====== Listed entries

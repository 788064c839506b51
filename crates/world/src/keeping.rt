//! Sound worlds stay sound.
ghost use Rattle.std.specs.Prelude.{ℕ, ℤ};
ghost use Rattle.spec_value.specs.Datum.{Datum, Text};
ghost use Rattle.spec_world.specs.World.{World};
ghost use Rattle.spec_world.specs.Questions.{apply, new_value, new_next};
ghost use Rattle.view.specs.Sound.{IsSound};
ghost use Rattle.world.specs.Objects.{AddingKeeps};

/// Another value in a slot leaves a sound world sound, and so does a next number that is no less.
pub fn changes()
    ensures values { (o : ℤ) (p : Text) (v : Datum) (w : World) → IsSound w → IsSound (apply (new_value o p v) w) }
    ensures next { (n : ℕ) (w : World) → IsSound w → IsSound (apply (new_next n) w) }
{}

/// An object that stands alone comes into a sound world, which stays sound.
pub fn additions()
    ensures { AddingKeeps }
{}
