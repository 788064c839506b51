//! The moments for which tasks wait, with their keys.
ghost use Rattle.std.specs.Prelude.{◌≡◌, ◌<◌, None, IfOk, map, option_map};
ghost use Rattle.std.specs.List.{AllByRecursion};
ghost use Rattle.std.specs.Option.{option_and_then};
ghost use Rattle.moo_task.specs.Waits.{due_at};
ghost use Rattle.world.specs.Due.{due_of, first_due_from};
ghost use Rattle.world.specs.Numbered.{signed_key};

use crate::tasks::{id_of, key_of};
use due_table::DueTable;
use moo_task::task::Task;
use std::alloc::{AllocError, Global};

/// The moment for which a task waits, if there is a task and it waits for one.
pub(crate) fn moment_of(task: Option<&Task>) -> Option<u32>
    ensures { result ≡ option_and_then (λ t. due_at t.waiting) (option_map (λ t. t.now) task.entry) }
{
    task?.due()
}

/// The first task of this moment and this id, or after it, with its moment. No other is looked at.
pub(crate) fn next_due(moments: &DueTable, moment: u32, id: i32) -> Option<(u32, i32)>
    ensures { result ≡ first_due_from moment id (map (λ d. (d.0, signed_key d.1)) moments.now) }
{
    match moments.next_from(moment, key_of(id)) {
        Some((found, key)) => Some((found, id_of(key))),
        None => None,
    }
}

/// The ids of those whose moment has come, in order. No other is looked at.
pub(crate) fn gather_due(
    alloc: Global,
    moments: &DueTable,
    now: u32,
) -> Result<Vec<i32>, AllocError>
    ensures { IfOk result (λ ids. ids.items ≡ map signed_key (due_of now moments.now)) }
{
    let _sorted = moments.is_empty();
    let mut ids = Vec::new(alloc);
    let mut moment = 0;
    let mut key = 0;
    while let Some((found, found_key)) = moments.next_from(moment, key) {
        if found > now {
            return Ok(ids);
        }
        ids.push(id_of(found_key))?;
        moment = found;
        key = found_key + 1;
    }
    Ok(ids)
}
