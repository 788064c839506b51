//! `.program`: lines that a player types for a verb's code (Programmer's Manual, "Built-in Commands").
ghost use Rattle.std.specs.Prelude.{◌≡◌, ◌++◌, Some, IfOk, codes};
ghost use Rattle.std.specs.Fmt.{signed_decimal};
ghost use Rattle.spec_value.specs.Table.{at};
ghost use Rattle.spec_world.specs.World.{World};
ghost use Rattle.spec_moo.specs.Steps.Events.{foreground_ticks};
ghost use Rattle.spec_moo.specs.Steps.Programming.{begins, requested};
ghost use Rattle.player_commands.specs.Meanings.{request_of};
ghost use Rattle.player_commands.specs.Openings.{opened};
ghost use Rattle.moo_task.specs.Deeds.{scene_of};
ghost use Rattle.view.specs.Law.{Goes, Lasts};
ghost use Rattle.steps.specs.StepsPerformed.{ComesTo};
ghost use Rattle.steps.specs.Ready.{AreReady};

use crate::step_tasks::finish::Finish;
use crate::step_tasks::opening::says;
use moo_task::deeds::Deeds;
use moo_value::text::Text;
use moo_value::value::Value;
use moo_value::write::to_str;
use player_commands::command_parser::programming::{Opening, open};
use player_commands::command_parser::request::Request;
use std::alloc::{AllocError, Global};
use view::law::View;
use view::link::{Link, Programming};
use view::lists::Lines;
use view::readers::write_link;

/// A player's `.program` line.
#[inline(never)]
pub fn request<V: View>(
    alloc: Global,
    view: &mut V,
    deeds: &mut Deeds,
    connection: i32,
    link: &Link,
    request: Request,
) -> Result<Finish, AllocError>
    requires home { V.holds view.old (V.home view.old) }
    requires ready { AreReady V.holds V.now view.old deeds.old }
    requires link { (w : World) → V.holds view.old w → at (V.now view.old w).links connection ≡ Some link.now }
    ensures lasts { Lasts V.holds V.home V.anchor view.old view.new result }
    ensures played { IfOk result (λ o. Goes V.holds V.now view.old view.new (λ before after.
        ComesTo (requested (scene_of deeds.old before foreground_ticks) connection link.now.person (request_of request)) after deeds.new o)) }
{
    let opening = open(alloc, view, link.person, request)?;
    let outcome = answer(alloc, view, deeds, connection, link, opening)?;
    Ok(outcome)
}

// What comes of a `.program` line.
fn answer<V: View>(
    alloc: Global,
    view: &mut V,
    deeds: &mut Deeds,
    connection: i32,
    link: &Link,
    opening: Opening,
) -> Result<Finish, AllocError>
    requires home { V.holds view.old (V.home view.old) }
    requires ready { AreReady V.holds V.now view.old deeds.old }
    requires link { (w : World) → V.holds view.old w → at (V.now view.old w).links connection ≡ Some link.now }
    ensures lasts { Lasts V.holds V.home V.anchor view.old view.new result }
    ensures played { IfOk result (λ o. Goes V.holds V.now view.old view.new (λ before after.
        ComesTo (opened (scene_of deeds.old before foreground_ticks) connection link.now.person opening) after deeds.new o)) }
{
    match opening {
        Opening::OtherForm => {
            let outcome = says(alloc, deeds, connection, "Usage: .program object:verb")?;
            Ok(outcome)
        }
        Opening::NotSeen => {
            let outcome = says(alloc, deeds, connection, "I don't see that here.")?;
            Ok(outcome)
        }
        Opening::NotAllowed => {
            let outcome = says(alloc, deeds, connection, "You can't program that verb.")?;
            Ok(outcome)
        }
        Opening::Collects(object, verb, place) => {
            let outcome = begin_lines(alloc, view, deeds, connection, link, object, verb, place)?;
            Ok(outcome)
        }
    }
}

// The lines that follow are collected for a verb.
fn begin_lines<V: View>(
    alloc: Global,
    view: &mut V,
    deeds: &mut Deeds,
    connection: i32,
    link: &Link,
    object: i32,
    verb: Text,
    place: usize,
) -> Result<Finish, AllocError>
    requires home { V.holds view.old (V.home view.old) }
    requires ready { AreReady V.holds V.now view.old deeds.old }
    requires link { (w : World) → V.holds view.old w → at (V.now view.old w).links connection ≡ Some link.now }
    ensures lasts { Lasts V.holds V.home V.anchor view.old view.new result }
    ensures played { IfOk result (λ o. Goes V.holds V.now view.old view.new (λ before after.
        ComesTo (begins (scene_of deeds.old before foreground_ticks) connection link.now.person object verb (Some place)) after deeds.new o)) }
{
    let line = now_programming(alloc, object, &verb)?;
    let programming = Programming {
        object,
        verb,
        lines: Some(Lines::new(alloc, Vec::new(alloc))?),
    };
    let collecting = Link {
        person: link.person,
        programming: Some(programming),
    };
    write_link(view, connection, Some(collecting))?;
    line.know();
    let outcome = says(alloc, deeds, connection, line.as_str())?;
    Ok(outcome)
}

// What a player is told whose lines are collected.
fn now_programming(alloc: Global, object: i32, verb: &Text) -> Result<Text, AllocError>
    ensures { IfOk result (λ t. t ≡ codes "Now programming #" ++ (signed_decimal object ++ (codes ":" ++ (verb.now ++ codes ".")))) }
{
    let object = Value::object(object);
    object.know();
    let number = to_str(alloc, &object)?;
    let first = Text::joined(alloc, "Now programming ", number.as_str(), ":")?;
    first.know();
    verb.know();
    Text::joined(alloc, first.as_str(), verb.as_str(), ".")
}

============

Working through the entries line by line, count those containing "AddingKeeps" and report only the number.

2